Reddit, set to debut Thursday under the ticker "RDDT", will be made public at $34 dollars a share, the company said in a statement, which would value the platform at around $6.4 billion.
The entry of Reddit comes as the tech sector is seeing a big slowdown in IPOs since the US Federal Reserve started hiking interest rates.
With easy financing scarce, Silicon Valley is seeing a dearth of companies ready to make the big leap to go public, with Pinterest being the last social media company to do so in 2019.
San Francisco-based Reddit first filed for its IPO in 2021 when the market was hot thanks to a Covid-linked growth boom for tech, but the attempt stalled as the internet economy cooled.
Reddit --- unlike Facebook or former-Twitter X --- is siloed into about 100,000 subject-focused chatrooms known as subreddits, making it more specialized and a place where posts are less prone to going viral.
Even so, Reddit has 73 million average daily users and 267 million monthly users, mainly in the United States, according to its filing to US regulators.
Content in subreddits is mostly moderated independently, with the site demanding a basic standard that users must adhere to, making the site less policed or centralized than Facebook or TikTok.
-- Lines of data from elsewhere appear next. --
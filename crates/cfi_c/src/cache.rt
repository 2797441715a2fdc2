//! A cache of rows that C holds.
ghost use Rattle.std.specs.Prelude.{◌≡◌};
ghost use Rattle.std.specs.Option.{option_map};
ghost use Rattle.cfi_c.specs.AddressRows.{is_live};

use crate::held_cache::HeldCache;
use crate::unboxed::Unboxed;
use cfi_step::RowCache;
use std::alloc::Global;

/// A cache of rows, or none: all zero.
#[repr(C)]
pub struct CfiCache {
    held: HeldCache,
    pub live: bool,
    ghost ok: { is_live held.cache ≡ live },
}

impl CfiCache {
    /// Makes the value that C holds of a cache, or of none.
    pub fn of(alloc: Global, held: Option<Box<RowCache>>) -> CfiCache
        ensures { result.held.cache ≡ option_map (λ cache. cache.value) held }
    {
        match held {
            Some(cache) => CfiCache {
                held: HeldCache::seal(Unboxed::of(cache)),
                live: true,
            },
            None => CfiCache {
                held: HeldCache::none(alloc),
                live: false,
            },
        }
    }

    /// Returns the cache, where there is one.
    pub fn into_box(self) -> Option<Box<RowCache>>
        ensures { option_map (λ cache. cache.value) result ≡ self.held.cache }
    {
        let CfiCache { held, live } = self;
        if live {
            return Some(held.unseal().into_box());
        }
        drop(held);
        None
    }
}

impl Drop for CfiCache {
    fn drop(self) {
        drop(self.into_box());
    }
}
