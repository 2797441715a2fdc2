//! The caller of a frame, by a packed row, from C's values of registers.
ghost use Rattle.std.specs.Prelude.{◌≡◌, ◌≤◌, ℕ, Bool, IfSome, Ok, Some, length};
ghost use Rattle.std.specs.FinMap.{get};
ghost use Rattle.std.specs.Option.{option_map};
ghost use Rattle.cfi_read_core.specs.Addresses.{IsAddressSize};
ghost use Rattle.cfi_read_core.specs.ReadFunctions.{Position};
ghost use Rattle.cfi_expression.specs.Frames.{known};
ghost use Rattle.cfi_expression.specs.declared.error.FrameError.TheVariants.{UnknownRegister};
ghost use Rattle.cfi_step.specs.Callers.{cfa_of, is_signed, return_address, without_rule};
ghost use Rattle.cfi_step.specs.PackedRows.{counted_rules, parts_packed};
ghost use Rattle.cfi_step.specs.PackedRules.{register_numbered, rule_by};
ghost use Rattle.cfi_c.specs.FirstWindows.{IsFirstWindow};
ghost use Rattle.cfi_c.specs.PackedSteps.{Clears, IsCallerBy, IsCallerFrom, IsPcBy, IsPcOf};
ghost use Rattle.cfi_c.specs.PackedSteps.{IsSavedPc, passed_frame};
ghost use Rattle.cfi_c.specs.PassedRegisters.{values_of};
ghost use Rattle.cfi_c.specs.PassedMemories.{abi_in};

use crate::first_window::FirstWindow;
use crate::memory::{CfiMemory, displaced};
use crate::register::{CfiValue, known_value};
use cfi_step::packed_rules::{eightfold, rule_of};
use cfi_step::{Caller, FrameError, Memory, PackedRow, PackedRule, SmallRule};
use gimli_cfi::Register;

/// The number of `RA_SIGN_STATE`.
const SIGN_STATE: u8 = 34;

/// The caller, if its pc is saved in the first window, as most are.
#[inline(always)]
pub fn quick_caller(
    row: &PackedRow,
    rules: &[PackedRule],
    memory: &CfiMemory<'_>,
    first: &FirstWindow<'_>,
    registers: &[CfiValue],
) -> Option<Caller>
    requires size { memory.now.address_size ≡ 8 }
    requires first { IsFirstWindow memory.now first.now }
    requires rules { rules.now ≡ counted_rules row.now.numbers }
    ensures { IfSome result (λ caller. IsCallerBy memory.now registers.now row.now (Ok caller)) }
{
    match quick_frame_address(row, memory, registers) {
        Some(cfa) => quick_caller_from(row, rules, memory, first, registers, cfa),
        None => None,
    }
}

/// The canonical frame address, if it is known.
#[inline(always)]
fn quick_frame_address(
    row: &PackedRow,
    memory: &CfiMemory<'_>,
    registers: &[CfiValue],
) -> Option<u64>
    requires size { memory.now.address_size ≡ 8 }
    ensures { IfSome result (λ cfa. (bytes : Position) → Ok cfa
        ≡ cfa_of (passed_frame memory.now registers.now) bytes (abi_in memory.now) (λ (n : ℕ). n)
        (parts_packed row.now).cfa) }
{
    match known(registers, row.cfa_register()) {
        // addresses have eight bytes, as `size` says
        Some(value) => Some(displaced(value, row.cfa_offset(), 8)),
        None => None,
    }
}

/// The caller of a frame with this CFA, if its pc is saved in the first window.
#[inline(always)]
fn quick_caller_from(
    row: &PackedRow,
    rules: &[PackedRule],
    memory: &CfiMemory<'_>,
    first: &FirstWindow<'_>,
    registers: &[CfiValue],
    cfa: u64,
) -> Option<Caller>
    requires size { memory.now.address_size ≡ 8 }
    requires first { IsFirstWindow memory.now first.now }
    requires rules { rules.now ≡ counted_rules row.now.numbers }
    ensures { IfSome result (λ caller.
        IsCallerFrom memory.now registers.now row.now cfa (Ok caller)) }
{
    match quick_pc(row, rules, memory, first, registers, cfa) {
        Some(pc) => {
            let is_interrupted = row.is_signal_trampoline();
            let args_size = row.args_size();
            Some(Caller {
                cfa,
                pc: Some(pc),
                is_interrupted,
                args_size,
            })
        }
        None => None,
    }
}

/// The pc of the caller, if it is saved in the first window.
#[inline(always)]
fn quick_pc(
    row: &PackedRow,
    rules: &[PackedRule],
    memory: &CfiMemory<'_>,
    first: &FirstWindow<'_>,
    registers: &[CfiValue],
    cfa: u64,
) -> Option<u64>
    requires size { memory.now.address_size ≡ 8 }
    requires first { IsFirstWindow memory.now first.now }
    requires rules { rules.now ≡ counted_rules row.now.numbers }
    ensures { IfSome result (λ pc. (bytes : Position) → Ok (Some pc)
        ≡ return_address (passed_frame memory.now registers.now) bytes (abi_in memory.now)
        (λ (n : ℕ). n) (parts_packed row.now) cfa
        (register_numbered row.now.numbers.return_address)) }
{
    let signature = signature_of(row, memory);
    let register = row.return_address();
    let rule = rule_of(rules, register);
    if let Some(SmallRule::Offset(words)) = rule {
        if let Some(pc) = first.number_at(cfa, words) {
            return Some(pc & !signature);
        }
    }
    None
}

/// The caller.
#[inline(always)]
pub fn caller_by(
    row: &PackedRow,
    memory: &CfiMemory<'_>,
    first: &FirstWindow<'_>,
    registers: &[CfiValue],
) -> Result<Caller, FrameError>
    requires size { IsAddressSize memory.now.address_size }
    requires first { IsFirstWindow memory.now first.now }
    requires room { length registers.now ≤ 256 }
    ensures { IsCallerBy memory.now registers.now row.now result }
{
    match frame_address(row, memory, registers) {
        Ok(cfa) => caller_from(row, memory, first, registers, cfa),
        Err(error) => Err(error),
    }
}

/// The caller of a frame with this CFA.
#[inline(always)]
fn caller_from(
    row: &PackedRow,
    memory: &CfiMemory<'_>,
    first: &FirstWindow<'_>,
    registers: &[CfiValue],
    cfa: u64,
) -> Result<Caller, FrameError>
    requires size { IsAddressSize memory.now.address_size }
    requires first { IsFirstWindow memory.now first.now }
    ensures { IsCallerFrom memory.now registers.now row.now cfa result }
{
    match caller_pc(row, memory, first, registers, cfa) {
        Ok(pc) => Ok(Caller {
            cfa,
            pc,
            is_interrupted: row.is_signal_trampoline(),
            args_size: row.args_size(),
        }),
        Err(error) => Err(error),
    }
}

/// The canonical frame address.
#[inline(always)]
fn frame_address(
    row: &PackedRow,
    memory: &CfiMemory<'_>,
    registers: &[CfiValue],
) -> Result<u64, FrameError>
    requires size { IsAddressSize memory.now.address_size }
    ensures { (bytes : Position) → result ≡ cfa_of (passed_frame memory.now registers.now) bytes
        (abi_in memory.now) (λ (n : ℕ). n) (parts_packed row.now).cfa }
{
    match known(registers, row.cfa_register()) {
        Some(value) => Ok(displaced(value, row.cfa_offset(), memory.address_size)),
        None => Err(unknown(row.cfa_register())),
    }
}

/// The pc of the caller; `None` if the frame is the outermost one.
#[inline(always)]
fn caller_pc(
    row: &PackedRow,
    memory: &CfiMemory<'_>,
    first: &FirstWindow<'_>,
    registers: &[CfiValue],
    cfa: u64,
) -> Result<Option<u64>, FrameError>
    requires size { IsAddressSize memory.now.address_size }
    requires first { IsFirstWindow memory.now first.now }
    ensures { (bytes : Position) → result ≡ return_address (passed_frame memory.now registers.now)
        bytes (abi_in memory.now) (λ (n : ℕ). n) (parts_packed row.now) cfa
        (register_numbered row.now.numbers.return_address) }
{
    let register = row.return_address();
    let rule = rule_of(row.rules(), register);
    let signature = signature_of(row, memory);
    // most rules
    if let Some(SmallRule::Offset(words)) = rule {
        if let Some(pc) = first.number_at(cfa, words) {
            return Ok(Some(pc & !signature));
        }
    }
    pc_by_rule(rule, memory, registers, cfa, register, signature)
}

/// The bits of the return address that hold its signature; 0 if the row doesn't say that there is
/// one.
#[inline(always)]
fn signature_of(row: &PackedRow, memory: &CfiMemory<'_>) -> u64
    ensures { Clears memory.now.signature_mask
        (is_signed (get (parts_packed row.now).rules 34)) result }
{
    let mask = memory.signature_mask;
    // where no address is ever signed, the rule is not looked up
    if mask == 0 {
        return 0;
    }
    if is_signed(rule_of(row.rules(), SIGN_STATE)) {
        mask
    } else {
        0
    }
}

/// Whether the rule of `RA_SIGN_STATE` says that the return address is signed.
fn is_signed(rule: Option<SmallRule>) -> bool
    ensures { result ≡ is_signed (option_map rule_by rule) }
{
    match rule {
        Some(SmallRule::Constant(state)) => state == 1,
        _ => false,
    }
}

/// The pc of the caller, by the rule of the register that holds it, without the bits of its
/// signature.
#[inline(never)]
fn pc_by_rule(
    rule: Option<SmallRule>,
    memory: &CfiMemory<'_>,
    registers: &[CfiValue],
    cfa: u64,
    register: u8,
    signature: u64,
) -> Result<Option<u64>, FrameError>
    requires size { IsAddressSize memory.now.address_size }
    ensures { IsPcBy memory.now registers.now cfa register signature
        (option_map rule_by rule) result }
{
    match rule {
        Some(SmallRule::Undefined) => Ok(None),
        Some(SmallRule::Offset(words)) => saved_pc(
            memory,
            displaced(cfa, eightfold(words), memory.address_size),
            signature,
        ),
        Some(SmallRule::Constant(constant)) => Ok(Some(u64::from(constant) & !signature)),
        None => pc_of(
            without_rule(memory, registers, cfa, register),
            register,
            signature,
        ),
    }
}

/// The pc of the caller, if the register that holds it is known, without these bits.
fn pc_of(value: Option<u64>, register: u8, signature: u64) -> Result<Option<u64>, FrameError>
    ensures { (mask : ℕ) (signed : Bool) → Clears mask signed signature →
        IsPcOf mask signed value (register_numbered register) result }
{
    match value {
        Some(pc) => Ok(Some(pc & !signature)),
        None => Err(unknown(register)),
    }
}

/// The pc that is saved at an address, without these bits.
fn saved_pc(memory: &CfiMemory<'_>, address: u64, signature: u64) -> Result<Option<u64>, FrameError>
    requires size { IsAddressSize memory.now.address_size }
    ensures { IsSavedPc memory.now address signature result }
{
    match memory.read(address, memory.address_size) {
        Some(pc) => Ok(Some(pc & !signature)),
        None => Err(FrameError::UnreadableMemory(address)),
    }
}

/// The value of a register that has no rule: the CFA for the stack pointer, else its own.
fn without_rule(
    memory: &CfiMemory<'_>,
    registers: &[CfiValue],
    cfa: u64,
    register: u8,
) -> Option<u64>
    ensures { (bytes : Position) → Ok result ≡ without_rule (passed_frame memory.now registers.now)
        bytes (abi_in memory.now) (λ (n : ℕ). n) cfa register }
{
    if u16::from(register) == memory.stack_pointer {
        Some(cfa)
    } else {
        known(registers, register)
    }
}

/// The value of a register, where it is known.
#[inline(always)]
fn known(registers: &[CfiValue], register: u8) -> Option<u64>
    ensures { result ≡ known (values_of registers.now) register }
{
    let index = usize::from(register);
    if index < registers.len() {
        known_value(registers[index])
    } else {
        None
    }
}

/// The error for a register whose value isn't known.
fn unknown(register: u8) -> FrameError
    ensures { result ≡ UnknownRegister (register_numbered register) }
{
    FrameError::UnknownRegister(Register(u16::from(register)))
}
In its filing earlier this month, the company said that it would issue 15.2 million shares priced between $31 and $34.
Following the lead of companies like Airbnb and Rivian, Reddit set aside about eight percent of the IPO shares for moderators and top users, known as "Redittors."
- Future profits? -
There are a lot of questions on whether Reddit will be a successful business and the company has never turned a profit in its two decades of existence.
Buoyed by faithful yet often unruly users, Reddit is not seen as fertile ground to grow advertising, which will be the main path for the company to make money.
Reddit was created in 2005 and was quickly sold to Conde Nast, the publisher of Vogue and the New Yorker magazine, in an unlikely pairing.
In 2011, Reddit was spun-off, though Conde Nast's parent company, controlled by the Newhouse family, remains the company's biggest shareholder.
OpenAI CEO Sam Altman is also a major investor after he led a fund-raising round about a decade ago.